▶ [GIVEN DATA]:
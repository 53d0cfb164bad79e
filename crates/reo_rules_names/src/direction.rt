//! Ends at parameters that go the other way.
ghost use Rattle.std.specs.Prelude.{◌≡◌, [], List, Bool, ℕ, IfOk};
ghost use Rattle.std.specs.List.{flat_map, zip};
ghost use Rattle.reo_trees.specs.declared.items.Item.{Item as AnItem};
ghost use Rattle.reo_trees.specs.declared.programs.Parameter.{Parameter as AParameter};
ghost use Rattle.reo_trees.specs.declared.programs.Connector.{Connector as AConnector};
ghost use Rattle.reo_rules.specs.Touches.{touch};
ghost use Rattle.reo_rules.specs.Direction.{direction_in_item, direction};
ghost use Rattle.reo_rules.specs.Judged.{IsJudged};
ghost use Rattle.reo_rules_names.specs.Connectors.{AreConnectors};
ghost use Rattle.reo_rules_names.specs.Closed.{AreClosed, against};

use crate::connectors::Connectors;
use crate::ends::{EndsAtNames, is_drain};
use reo_rules::FlatFault;
use reo_trees::{Connector, Declaration, Item, ItemForm, Parameter, Program};
use reo_values::{Bytes, NoMemory};
use std::alloc::Global;

/// The ends that may not stand at parameters: sink ends at an `in`, source ends at an `out`.
fn closed_by(alloc: Global, parameters: &[Parameter]) -> Result<EndsAtNames, NoMemory>
    ensures { IfOk result (AreClosed parameters.now) }
{
    let mut closed = EndsAtNames::new(alloc);
    for parameter in parameters {
        closed.note(alloc, parameter.name.as_slice(), !parameter.inward)?;
    }
    Ok(closed)
}

/// An end at a name.
fn end_direction(
    alloc: Global,
    closed: &EndsAtNames,
    line: u32,
    name: &Bytes,
    is_source: bool,
) -> Result<(), FlatFault>
    ensures { (ps : List AParameter) → AreClosed ps closed.now
        → IsJudged (against ps line (touch name.now is_source)) result }
{
    if closed.has(name.as_slice(), is_source) {
        return Err(FlatFault::Direction {
            line,
            node: name.copy(alloc)?,
        });
    }
    Ok(())
}

/// The arguments of a use of a connector whose parameters have these ways.
fn use_direction(
    alloc: Global,
    closed: &EndsAtNames,
    line: u32,
    arguments: &[Bytes],
    ways: &[bool],
) -> Result<(), FlatFault>
    ensures { (ps : List AParameter) → AreClosed ps closed.now
        → IsJudged (flat_map (λ (q : List ℕ × Bool). against ps line (touch q.0 q.1))
        (zip arguments.now ways.now)) result }
{
    for (argument, way) in arguments.iter().zip(ways) {
        end_direction(alloc, closed, line, argument, *way)?;
    }
    Ok(())
}

/// An item, end by end.
fn item_direction(
    alloc: Global,
    connectors: &Connectors,
    closed: &EndsAtNames,
    line: u32,
    form: &ItemForm,
) -> Result<(), FlatFault>
    ensures { (known : List AConnector) (ps : List AParameter)
        → AreConnectors known connectors.now → AreClosed ps closed.now
        → IsJudged (direction_in_item known ps line form.now) result }
{
    match form {
        ItemForm::Node { .. } => Ok(()),
        ItemForm::Joined {
            channel,
            first,
            second,
        } => {
            end_direction(alloc, closed, line, first, true)?;
            end_direction(alloc, closed, line, second, is_drain(channel))
        }
        ItemForm::Used { name, arguments } => {
            let ways = connectors.ways(name.as_slice());
            use_direction(alloc, closed, line, arguments.as_slice(), ways)
        }
    }
}

/// Items one after another.
fn items_direction(
    alloc: Global,
    connectors: &Connectors,
    closed: &EndsAtNames,
    items: &[Item],
) -> Result<(), FlatFault>
    ensures { (known : List AConnector) (ps : List AParameter)
        → AreConnectors known connectors.now → AreClosed ps closed.now
        → IsJudged (flat_map (λ (i : AnItem). direction_in_item known ps i.line i.form)
        items.now) result }
{
    for item in items {
        item_direction(alloc, connectors, closed, item.line, &item.form)?;
    }
    Ok(())
}

/// The items of a connector.
fn connector_direction(
    alloc: Global,
    connectors: &Connectors,
    connector: &Connector,
) -> Result<(), FlatFault>
    ensures { (known : List AConnector) → AreConnectors known connectors.now
        → IsJudged (flat_map
        (λ (i : AnItem). direction_in_item known connector.now.parameters i.line i.form)
        connector.now.items) result }
{
    let closed = closed_by(alloc, connector.parameters.as_slice())?;
    items_direction(alloc, connectors, &closed, connector.items.as_slice())
}

/// Declarations one after another; the connectors are noted.
fn declarations_direction(
    alloc: Global,
    connectors: &mut Connectors,
    declarations: &[Declaration],
) -> Result<(), FlatFault>
    requires { AreConnectors [] connectors.old }
    ensures { IsJudged (direction declarations.now) result }
{
    for declaration in declarations {
        if let Declaration::Made(connector) = declaration {
            connector_direction(alloc, connectors, connector)?;
            connectors.add(alloc, connector)?;
        }
    }
    Ok(())
}

/// No sink end, nor an argument for an `out` parameter, stands at an `in` parameter, and no source
/// end, nor an argument for an `in` parameter, at an `out` parameter. Where one does, `Direction`
/// is the line of the first such item, and the name at its first such end. `NoMemory` is out of
/// memory.
pub fn judge_direction(alloc: Global, program: &Program) -> Result<(), FlatFault>
    ensures { IsJudged (direction program.now.declarations) result }
{
    let mut connectors = Connectors::new(alloc);
    declarations_direction(alloc, &mut connectors, program.declarations.as_slice())
}
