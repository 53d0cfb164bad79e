//! Names that stand twice.
ghost use Rattle.std.specs.Prelude.{◌≡◌, [], ◌∷◌, ◌++◌, OnOk, ℕ, List};
ghost use Rattle.std.specs.List.{flat_map};
ghost use Rattle.reo_trees.specs.declared.items.Item.{Item as AnItem};
ghost use Rattle.reo_trees.specs.declared.types.TypeTerm.{TypeTerm as APart};
ghost use Rattle.reo_rules.specs.Lists.{each_after};
ghost use Rattle.reo_rules.specs.Types.{parts_of};
ghost use Rattle.reo_rules.specs.Scopes.{parameter_names};
ghost use Rattle.reo_rules.specs.Twice.{twice_among, twice_in_part, twice_in_parameter, twice_in_item, twice_in_connector, twice};
ghost use Rattle.reo_rules.specs.Judged.{IsJudged};

use reo_rules::{FlatFault, Names};
use reo_trees::{Connector, Declaration, Item, ItemForm, Parameter, Program, Shape};
use reo_values::Bytes;
use std::alloc::Global;

/// Notes a name, which may not be there yet.
fn once(alloc: Global, seen: &mut Names, line: u32, name: &Bytes) -> Result<(), FlatFault>
    ensures judged { IsJudged (twice_among seen.old line name.now) result }
    ensures seen { OnOk result (seen.new ≡ seen.old ++ name.now ∷ []) }
{
    if seen.note(alloc, name.as_slice())? {
        return Err(FlatFault::Twice {
            line,
            name: name.copy(alloc)?,
        });
    }
    Ok(())
}

/// The symbols of one type.
fn symbols_twice(alloc: Global, line: u32, names: &[Bytes]) -> Result<(), FlatFault>
    ensures { IsJudged (each_after (λ before name. twice_among before line name) [] names.now)
        result }
{
    let mut seen = Names::new(alloc);
    for name in names {
        once(alloc, &mut seen, line, name)?;
    }
    Ok(())
}

/// The symbols of the types in a written type.
fn type_twice(alloc: Global, line: u32, shape: &Shape) -> Result<(), FlatFault>
    ensures { IsJudged (flat_map (λ (part : APart). twice_in_part part.line part.shape)
        (parts_of line shape.now)) result }
{
    match shape {
        Shape::Sym(names) => symbols_twice(alloc, line, names.get().as_slice()),
        Shape::Pair(pair) => {
            let pair = pair.get();
            type_twice(alloc, pair.left.line, &pair.left.shape)?;
            type_twice(alloc, pair.right.line, &pair.right.shape)
        }
        Shape::Unit | Shape::Bool | Shape::Int(_, _) | Shape::Text(_) | Shape::Named(_) => Ok(()),
    }
}

/// The parameters of a connector, which are noted.
fn parameters_twice(
    alloc: Global,
    seen: &mut Names,
    parameters: &[Parameter],
) -> Result<(), FlatFault>
    requires { seen.old ≡ [] }
    ensures judged { IsJudged (each_after twice_in_parameter [] parameters.now) result }
    ensures seen { OnOk result (seen.new ≡ parameter_names parameters.now) }
{
    for parameter in parameters {
        once(alloc, seen, parameter.line, &parameter.name)?;
        type_twice(alloc, parameter.term.line, &parameter.term.shape)?;
    }
    Ok(())
}

/// The nodes of a connector, whose parameters were noted.
fn items_twice(
    alloc: Global,
    seen: &mut Names,
    parameters: &[Parameter],
    items: &[Item],
) -> Result<(), FlatFault>
    requires { seen.old ≡ parameter_names parameters.now }
    ensures { IsJudged (each_after
        (λ before (i : AnItem). twice_in_item parameters.now before i.line i.form)
        [] items.now) result }
{
    for item in items {
        if let ItemForm::Node { name, term } = &item.form {
            once(alloc, seen, item.line, name)?;
            type_twice(alloc, term.line, &term.shape)?;
        }
    }
    Ok(())
}

/// A connector: the first of its parameters, nodes and symbols that stands twice.
fn connector_twice(alloc: Global, connector: &Connector) -> Result<(), FlatFault>
    ensures { IsJudged (twice_in_connector connector.now) result }
{
    let mut seen = Names::new(alloc);
    let parameters = connector.parameters.as_slice();
    parameters_twice(alloc, &mut seen, parameters)?;
    items_twice(alloc, &mut seen, parameters, connector.items.as_slice())
}

/// Declarations one after another; the names of types and of connectors are noted.
fn declarations_twice(
    alloc: Global,
    types: &mut Names,
    connectors: &mut Names,
    declarations: &[Declaration],
) -> Result<(), FlatFault>
    requires no_types { types.old ≡ [] }
    requires no_connectors { connectors.old ≡ [] }
    ensures { IsJudged (twice declarations.now) result }
{
    for declaration in declarations {
        match declaration {
            Declaration::Named { line, name, term } => {
                once(alloc, types, *line, name)?;
                type_twice(alloc, term.line, &term.shape)?;
            }
            Declaration::Made(connector) => {
                once(alloc, connectors, connector.line, &connector.name)?;
                connector_twice(alloc, connector)?;
            }
        }
    }
    Ok(())
}

/// No name stands twice among the types, among the connectors, among the symbols of one type,
/// nor among the parameters and nodes of one connector. Where one does, `Twice` is the first
/// name in the text that stands a second time, with the line of the second. `NoMemory` is out of
/// memory.
pub fn judge_twice(alloc: Global, program: &Program) -> Result<(), FlatFault>
    ensures { IsJudged (twice program.now.declarations) result }
{
    let mut types = Names::new(alloc);
    let mut connectors = Names::new(alloc);
    let declarations = program.declarations.as_slice();
    declarations_twice(alloc, &mut types, &mut connectors, declarations)
}
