//! Of some joints those that flow.

mod copying;
mod flowing;

pub use copying::copy_over;
pub use flowing::put_flowing;
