//! Ends at names.
ghost use Rattle.std.specs.Prelude.{◌≡◌, [], ◌∷◌, ◌++◌, OnOk, List};
ghost use Rattle.reo_rules.specs.Touches.{Touch, touch, is_touched};
ghost use Rattle.reo_rules.specs.Channels.{is_drain};

use reo_rules::Names;
use reo_trees::Channel;
use reo_values::NoMemory;
use std::alloc::Global;

/// Ends at names: which names have a source end, and which have a sink end.
#[derive(Drop)]
pub(crate) struct EndsAtNames {
    sources: Names,
    sinks: Names,
}

impl EndsAtNames {
    ghost use Rattle.reo_rules_names.specs.EndsAtNames.{AreEnds};

    /// No ends.
    pub(crate) fn new(alloc: Global) -> Self
        ensures { AreEnds [] result }
    {
        EndsAtNames {
            sources: Names::new(alloc),
            sinks: Names::new(alloc),
        }
    }

    /// Whether there is an end of this way at a name.
    pub(crate) fn has(&self, name: &[u8], is_source: bool) -> bool
        ensures { (touches : List Touch) → AreEnds touches self.now
            → result ≡ is_touched touches name.now is_source }
    {
        if is_source {
            self.sources.has(name)
        } else {
            self.sinks.has(name)
        }
    }

    /// One more end. `NoMemory` is out of memory.
    pub(crate) fn note(
        &mut self,
        alloc: Global,
        name: &[u8],
        is_source: bool,
    ) -> Result<(), NoMemory>
        ensures { OnOk result ((touches : List Touch) → AreEnds touches self.old
            → AreEnds (touches ++ touch name.now is_source ∷ []) self.new) }
    {
        if is_source {
            self.sources.note(alloc, name)?;
        } else {
            self.sinks.note(alloc, name)?;
        }
        Ok(())
    }
}

/// Whether both ends of a channel are source ends.
pub(crate) fn is_drain(channel: &Channel) -> bool
    ensures { result ≡ is_drain channel.now }
{
    matches!(channel, Channel::SyncDrain | Channel::AsyncDrain)
}
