//! Items that flow, and steps.
#![tactic(auto)]

pub mod flowing;
pub mod stepping;

pub use flowing::{copy_over, put_flowing};
pub use stepping::{mark_flowing, mark_joint, step_marked};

▶ [ASSIGNMENT]:
Print again the material above, limited to the lines from the one holding "result ≡ is_drain" through the last, inclusive.

▶ [COMPLETED EXERCISE]:
    ensures { result ≡ is_drain channel.now }
{
    matches!(channel, Channel::SyncDrain | Channel::AsyncDrain)
}
//! Items that flow, and steps.
#![tactic(auto)]

pub mod flowing;
pub mod stepping;

pub use flowing::{copy_over, put_flowing};
pub use stepping::{mark_flowing, mark_joint, step_marked};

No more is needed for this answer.